WHAT IS THE BENEFIT OF HAVING MY GROIN PAIN EVALUATED?

A groin pull or groin strain is a common condition from overstretching or very mild tearing of the muscles in the groin that usually heal with rest and nonsteroidal anti-inflammatory medication such as ibuprofen.  However, other conditions such as hernias can be identified and treated and thereby prevent potentially serious complications such as incarceration (when an organ gets stuck in the hernia and cannot be pushed back in) and strangulation (when an organ loses its blood supply from being stuck in the hernia) of abdominal organs such as the intestines. In addition, predisposing factors to the development of a sports hernia can be identified and treated, such as unbalanced musculature or previous injury.  Treating a sports hernia early on can help prevent the development of chronic pain.

WHAT ARE NON-OPERATIVE TREATMENT OPTIONS FOR A SPORTS HERNIA?

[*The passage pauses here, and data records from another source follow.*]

//! Targets of a rule, with their options.

ghost use Rattle.std.specs.Prelude.{◌≡◌};
ghost use Rattle.fws_net.specs.Reading.{CauseGiven, StepGiven};
ghost use Rattle.fws_ipt.specs.RuleText.{first_act, with_target, user_chain, other_target, target_step, goto_step, is_written, is_bare, behind_option, fits_target, option_step, with_act, with_end, source_step, destination_step, redirect_step, network_step, xmark_step, set_mark_step, target_value_step};

use crate::hooks::is_builtin_name;
use crate::keywords::{belongs, is_left_out_target, needs_option, read_target_word};
use crate::marks::{read_set_mark, read_xmark};
use crate::options::once;
use crate::places::{read_network, read_place, read_to_port};
use crate::progress::Progress;
use fws_ipt::{Expects, IptGo, IptTable, RuleDraft, TargetOption, TargetWord};
use fws_net::{Cause, End, ReadFault};
use std::alloc::Global;

/// What a target does, before its options.
fn first_act(target: TargetWord) -> IptGo
    ensures { result ≡ first_act target }
{
    match target {
        TargetWord::Accept => IptGo::Accept,
        TargetWord::Drop | TargetWord::Reject => IptGo::Drop,
        TargetWord::Return => IptGo::Return,
        TargetWord::Masquerade => IptGo::Masquerade,
        TargetWord::Redirect => IptGo::Redirect(None),
        _ => IptGo::Next,
    }
}

/// Notes the target, and what it does. Its options may follow.
fn with_target(d: &mut RuleDraft, target: TargetWord, go: IptGo)
    ensures { d.new ≡ with_target target go d.old }
{
    d.expects = Expects::Keyword;
    d.target = Some(target);
    d.go = go;
    d.is_open = true;
    d.owes = needs_option(target);
}

/// The number of the user's chain with this name.
fn user_chain(
    alloc: Global,
    reader: &Progress,
    table: IptTable,
    name: &[u8],
) -> Result<u32, ReadFault>
    ensures { CauseGiven result (user_chain table reader.now.chains name.now) }
{
    if is_builtin_name(table, name) {
        return Err(ReadFault::Bad(Cause::NoName));
    }
    match reader.find(alloc, table, name)? {
        Some(number) => Ok(number),
        None => Err(ReadFault::Bad(Cause::NoName)),
    }
}

/// Takes a target that is no word of its own: a chain, unless it is left out.
fn other_target(
    alloc: Global,
    reader: &Progress,
    table: IptTable,
    d: &mut RuleDraft,
    text: &[u8],
) -> Result<(), ReadFault>
    ensures { StepGiven result d.new (other_target table reader.now.chains text.now d.old) }
{
    if is_left_out_target(text) {
        return Err(ReadFault::Bad(Cause::LeftOut));
    }
    let number = user_chain(alloc, reader, table, text)?;
    with_target(d, TargetWord::Chain, IptGo::Jump(number));
    Ok(())
}

/// Takes the word behind `-j`.
pub(crate) fn target_step(
    alloc: Global,
    reader: &Progress,
    table: IptTable,
    d: &mut RuleDraft,
    text: &[u8],
) -> Result<(), ReadFault>
    ensures { StepGiven result d.new (target_step table reader.now.chains text.now d.old) }
{
    match read_target_word(text) {
        Some(target) => {
            with_target(d, target, first_act(target));
            Ok(())
        }
        None => other_target(alloc, reader, table, d, text),
    }
}

/// Takes the word behind `-g`.
pub(crate) fn goto_step(
    alloc: Global,
    reader: &Progress,
    table: IptTable,
    d: &mut RuleDraft,
    text: &[u8],
) -> Result<(), ReadFault>
    ensures { StepGiven result d.new (goto_step table reader.now.chains text.now d.old) }
{
    let number = user_chain(alloc, reader, table, text)?;
    with_target(d, TargetWord::Chain, IptGo::Goto(number));
    Ok(())
}

/// Whether the option says what its target writes.
fn is_written(option: TargetOption) -> bool
    ensures { result ≡ is_written option }
{
    matches!(
        option,
        TargetOption::SetXmark
            | TargetOption::SetMark
            | TargetOption::ToSource
            | TargetOption::ToDestination
            | TargetOption::ToPorts
            | TargetOption::ToNetwork
    )
}

/// Whether the option, of LOG, has no value.
fn is_bare(option: TargetOption) -> bool
    ensures { result ≡ is_bare option }
{
    matches!(
        option,
        TargetOption::LogTcpSequence
            | TargetOption::LogTcpOptions
            | TargetOption::LogIpOptions
            | TargetOption::LogUid
    )
}

/// What the word behind a target's option is taken for.
fn behind_option(option: TargetOption) -> Expects
    ensures { result ≡ behind_option option }
{
    if is_bare(option) {
        Expects::Keyword
    } else if is_written(option) {
        Expects::TargetValue(option)
    } else {
        Expects::Unused
    }
}

/// Whether the option belongs to the target that is open, and where that needs just one, is the first.
fn fits_target(option: TargetOption, d: &RuleDraft) -> bool
    ensures { result ≡ fits_target option d.now }
{
    match d.target {
        Some(target) => {
            d.is_open && belongs(option, target) && (d.owes || !needs_option(target))
        }
        None => false,
    }
}

/// Takes an option of the target, directly behind it.
pub(crate) fn option_step(
    alloc: Global,
    d: &mut RuleDraft,
    text: &[u8],
    option: TargetOption,
) -> Result<(), ReadFault>
    ensures { StepGiven result d.new (option_step text.now option d.old) }
{
    if !fits_target(option, d) {
        return Err(ReadFault::Bad(Cause::Syntax));
    }
    once(alloc, d, text)?;
    d.expects = behind_option(option);
    d.owes = false;
    Ok(())
}

/// Notes what the target does. A keyword is next.
fn with_act(d: &mut RuleDraft, go: IptGo)
    ensures { d.new ≡ with_act go d.old }
{
    d.expects = Expects::Keyword;
    d.go = go;
}

/// Notes what the target writes. A port asks for a protocol.
fn with_end(d: &mut RuleDraft, go: IptGo, has_port: bool)
    ensures { d.new ≡ with_end go has_port d.old }
{
    d.has_port = d.has_port || has_port;
    with_act(d, go);
}

/// Takes the value of `--to-source`.
fn source_step(d: &mut RuleDraft, text: &[u8]) -> Result<(), ReadFault>
    ensures { StepGiven result d.new (source_step text.now d.old) }
{
    let (addr, port) = read_place(text)?;
    with_end(d, IptGo::Source(End::host(addr, port)), port.is_some());
    Ok(())
}

/// Takes the value of `--to-destination`.
fn destination_step(d: &mut RuleDraft, text: &[u8]) -> Result<(), ReadFault>
    ensures { StepGiven result d.new (destination_step text.now d.old) }
{
    let (addr, port) = read_place(text)?;
    with_end(d, IptGo::Dest(End::host(addr, port)), port.is_some());
    Ok(())
}

/// Takes the value of `--to-ports`.
fn redirect_step(d: &mut RuleDraft, text: &[u8]) -> Result<(), ReadFault>
    ensures { StepGiven result d.new (redirect_step text.now d.old) }
{
    let port = read_to_port(text)?;
    with_end(d, IptGo::Redirect(Some(port)), true);
    Ok(())
}

/// Takes the value of `--to`.
fn network_step(d: &mut RuleDraft, text: &[u8]) -> Result<(), ReadFault>
    ensures { StepGiven result d.new (network_step text.now d.old) }
{
    let network = read_network(text)?;
    with_act(d, IptGo::Netmap(network));
    Ok(())
}

/// Takes the value of `--set-xmark`.
fn xmark_step(d: &mut RuleDraft, text: &[u8]) -> Result<(), ReadFault>
    ensures { StepGiven result d.new (xmark_step text.now d.old) }
{
    let mark = read_xmark(text)?;
    with_act(d, IptGo::Mark(mark));
    Ok(())
}

/// Takes the value of `--set-mark`.
fn set_mark_step(d: &mut RuleDraft, text: &[u8]) -> Result<(), ReadFault>
    ensures { StepGiven result d.new (set_mark_step text.now d.old) }
{
    let mark = read_set_mark(text)?;
    with_act(d, IptGo::Mark(mark));
    Ok(())
}

/// Takes the value of a target's option.
pub(crate) fn target_value_step(
    d: &mut RuleDraft,
    option: TargetOption,
    text: &[u8],
) -> Result<(), ReadFault>
    ensures { StepGiven result d.new (target_value_step option text.now d.old) }
{
    match option {
        TargetOption::SetXmark => xmark_step(d, text),
        TargetOption::SetMark => set_mark_step(d, text),
        TargetOption::ToSource => source_step(d, text),
        TargetOption::ToDestination => destination_step(d, text),
        TargetOption::ToPorts => redirect_step(d, text),
        TargetOption::ToNetwork => network_step(d, text),
        _ => {
            d.expects = Expects::Keyword;
            Ok(())
        }
    }
}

The majority of sports hernias can be treated successfully with physiotherapy.  Treatments are individually designed to promote healing, correct any muscular imbalances if detected and release or soften scar tissue that has developed to restore functional balance to the groin musculature.  The physical therapy is usually set up in 3 phases over a 4-8 week period with patient’s progressing through various exercises at the end of which the patient should be able to return to his or her previous level of activity.

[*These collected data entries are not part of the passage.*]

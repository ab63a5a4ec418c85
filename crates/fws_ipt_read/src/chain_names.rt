//! The chains of a text by their names.

ghost use Rattle.std.specs.Prelude.{◌≡◌, [], ◌++◌, ◌∷◌, List, position, IfOk, OnOk, OnErr};
ghost use Rattle.fws_ipt_read.specs.Keys.{is_key, with_key};

use fws_ipt::IptTable;
use fws_num::{Memory, Text};
use indexmap::IndexSet;
use std::alloc::Global;
use std::marker::Model;

/// What names a chain.
#[derive(Drop, PartialEq, Eq, Hash)]
pub(crate) struct ChainKey {
    table: IptTable,
    name: Text,
}

/// The names of chains, in the order of the chains.
#[derive(Drop)]
pub(crate) struct ChainNames {
    keys: IndexSet<ChainKey>,
}

impl Model for ChainNames {
    ghost use Rattle.std.specs.Prelude.{List};
    ghost use Rattle.fws_ipt_read.specs.declared.chain_names.ChainKey.{ChainKey};

    ghost Value = { List ChainKey };

    ghost view = { λ n. n.keys.keys };
}

impl ChainNames {
    /// The names of no chains.
    pub(crate) fn new(alloc: Global) -> ChainNames
        ensures { result ≡ [] }
    {
        ChainNames {
            keys: IndexSet::new(alloc),
        }
    }

    /// The place of the chain with this name, counted from 0. Fails if memory runs out, or at a place past 2^32 - 1.
    pub(crate) fn find(
        &self,
        alloc: Global,
        table: IptTable,
        name: &[u8],
    ) -> Result<Option<u32>, Memory>
        ensures { IfOk result (λ place. place ≡ position (is_key table name.now) self.now) }
    {
        let key = ChainKey {
            table,
            name: Text::of(alloc, name)?,
        };
        let Some(place) = self.keys.get_index_of(&key) else {
            return Ok(None);
        };
        match u32::try_from(place) {
            Ok(number) => Ok(Some(number)),
            Err(_) => Err(Memory),
        }
    }

    /// Puts the name behind the others, unless it is among them.
    pub(crate) fn put(&mut self, alloc: Global, table: IptTable, name: &[u8]) -> Result<(), Memory>
        ensures ok { OnOk result (self.new ≡ with_key table name.now self.old) }
        ensures err { OnErr result (self.new ≡ self.old) }
    {
        let key = ChainKey {
            table,
            name: Text::of(alloc, name)?,
        };
        self.keys.insert(key)?;
        Ok(())
    }

    /// Takes away the last name.
    pub(crate) fn remove_last(&mut self)
        ensures { (front : List ChainKey) (key : ChainKey) → self.old ≡ front ++ key ∷ [] → self.new ≡ front }
    {
        let _last = self.keys.pop();
    }
}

WHAT ARE SURGICAL TREATMENT OPTIONS FOR A SPORTS HERNIA?

Patients who have significant disruption of the musculature of the groin or tearing of the attachments to the pubic bone or failure of physiotherapy in resolving the groin pain are candidates for surgery.  The type of surgery performed is dependent on the location of the injury.  In certain situations, MRIs may be obtained to plan for surgery.  Surgery is performed with patient completely asleep under general anesthesia.  Patients go home on the same day after the surgery.  Postoperatively patients undergo a period of rehabilitation and are typically back to their previous level of activity anywhere from 4-8 weeks dependent on the extent of the injury and type of surgery performed.